Lastly, a reader looks to the future and how Biden might be able to lead us there:
As a center-left independent who voted for Biden and — like you — want him to succeed, it is dismaying to see his multiple failures of omission (capitulation to the far left on nearly all social and policy issues, absenteeism from the bully pulpit) and commission (blowing it on Covid testing, messy Afghanistan exit, hyperbolic voting rights speech in GA, not taking Manchin’s BBB deal). To be fair, his first year featured a number of successes (efficient vaccine rollout, infrastructure bill, actually leaving Afghanistan, fully assisting Congress in the Jan 6 inquiry, prolifically appointing lower court judges).

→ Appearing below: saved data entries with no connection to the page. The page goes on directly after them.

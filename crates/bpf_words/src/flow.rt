//! What an instruction does with registers and with the run's position, as far as it shows without a state.
ghost use Rattle.std.specs.Prelude.{◌≡◌, ◌≤◌};
ghost use Rattle.bpf_words.specs.Flow.{written_by, jump_of, slots_of};

use crate::instruction::Insn;
use crate::register::Register;

impl Insn {
    /// The register that it writes.
    pub fn written(&self) -> Option<Register>
        ensures { result ≡ written_by self.now }
    {
        match *self {
            Insn::Compute { destination, .. }
            | Insn::Negate { destination, .. }
            | Insn::Extend { destination, .. }
            | Insn::Convert { destination, .. }
            | Insn::Load { destination, .. }
            | Insn::LoadSigned { destination, .. }
            | Insn::LoadWide { destination, .. } => Some(destination),
            _ => None,
        }
    }

    /// How far it jumps, counted from the slot after it; of a comparison, where it holds.
    pub fn distance(&self) -> Option<i32>
        ensures { result ≡ jump_of self.now }
    {
        match *self {
            Insn::Jump { distance } | Insn::Branch { distance, .. } => Some(i32::from(distance)),
            Insn::JumpLong { distance } => Some(distance),
            _ => None,
        }
    }

    /// How many slots it takes: 2 for a wide load, else 1.
    pub fn slots(&self) -> usize
        ensures value { result ≡ slots_of self.now }
        ensures few { result ≤ 2 }
    {
        match self {
            Insn::LoadWide { .. } => 2,
            _ => 1,
        }
    }
}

But let’s be honest: if Biden doesn’t massively course correct, not only will the Dems lose the House and possibly the Senate this November, but the country will flounder and fail. We elected Biden to do a job. He is seriously underperforming in this job.

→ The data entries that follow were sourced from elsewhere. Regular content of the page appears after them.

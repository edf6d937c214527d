//! What a program means: the types of its outcome, and the sizes of what it moves. The meaning itself stands in specs/.
#![tactic(auto)]

ghost use Rattle.semantics.specs.Safe.{Safe};
ghost use Rattle.semantics.specs.Samples.{returns_one, exit_alone};

pub mod sizes;

/// Why a run stops at an instruction.
#[derive(Clone, Copy)]
pub enum FaultKind {
    /// A register is read that nothing was written to.
    UnsetRegister,
    /// The bytes of a load or store don't all lie in one region.
    BadAddress,
    /// A store into the context, the text or the link's text.
    ReadOnly,
    /// A load of a stack byte that nothing was written to.
    UnsetStack,
    /// The slot is the second of a wide load.
    BadInstruction,
    /// The next slot isn't in the program.
    OutOfCode,
    /// A write to r10, which holds the stack's end.
    WriteR10,
}

/// How a run ends.
#[derive(Clone, Copy)]
pub enum Outcome {
    /// An exit, with the number in r0.
    Done(u64),
    /// The first fault, with the slot of the instruction that met it.
    Fault { slot: usize, kind: FaultKind },
    /// No end within as many steps as the program has slots.
    OutOfSteps,
}

/// Some programs are safe, and not all are.
pub fn safety()
    ensures some { Safe returns_one }
    ensures not_all { Safe exit_alone → ⊥ }
{}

Your prescriptions for the actions he should take are spot on. I agree with them all. But let me offer another, one that overarches everything: Biden needs to formulate a plan to lead us out of the Covid crisis — and then actually lead us out of it. Biden and his team need to develop and clearly message the timetable and milestones to lead us to endemic normalcy. This is within our grasp.
Lockdowns, masks, social distancing, flattening the curve to help out the medical system, etc. were logical and essential in 2020. They no longer are. (I say this as a person who believes in science, who is vaxxed and boosted, and has high confidence in Dr. Fauci.) With vaccines, oral drugs, monoclonal antibodies and other treatments, we have the tools to resume normal life. We also have the obligation to demand a resumption of normal life. For those of us who believe in the vaccines — and the evidence proving their efficacy is overwhelming — avoiding public places and masking everywhere is both unnecessary and irrational.
Biden needs to make “return to normalcy” his sole focus in 2022. Trumpers and anti-vaxxers aren’t going to change their minds, so stop whining about their resistance. Public health experts have only one lens — public health — so don’t let them control all policy decisions. Biden needs to be out front — boldly leading and cheerleading us along the Covid off-ramp. If he doesn’t, Republican politicians will rightly criticize him and the Dems for keeping the country paralyzed in a state of perpetual fear. (This cautionary warning applies to blue-state governors also — looking at you Gavin Newsom, JB Pritzker, Kathy Hochul and Jay Inslee.)
Getting from pandemic to endemic is the single most important key to bringing down inflation, rationalizing supply chains, achieving equilibrium in the job market and boosting consumer confidence. We cannot hope to achieve normal on these metrics unless and until everyday life looks and feels normal.
Agreed on all counts. I was particularly heartened that after I urged Biden to go to New York City and talk crime with the new mayor, the White House announced just that. Coincidence in all likelihood. But good news nonetheless.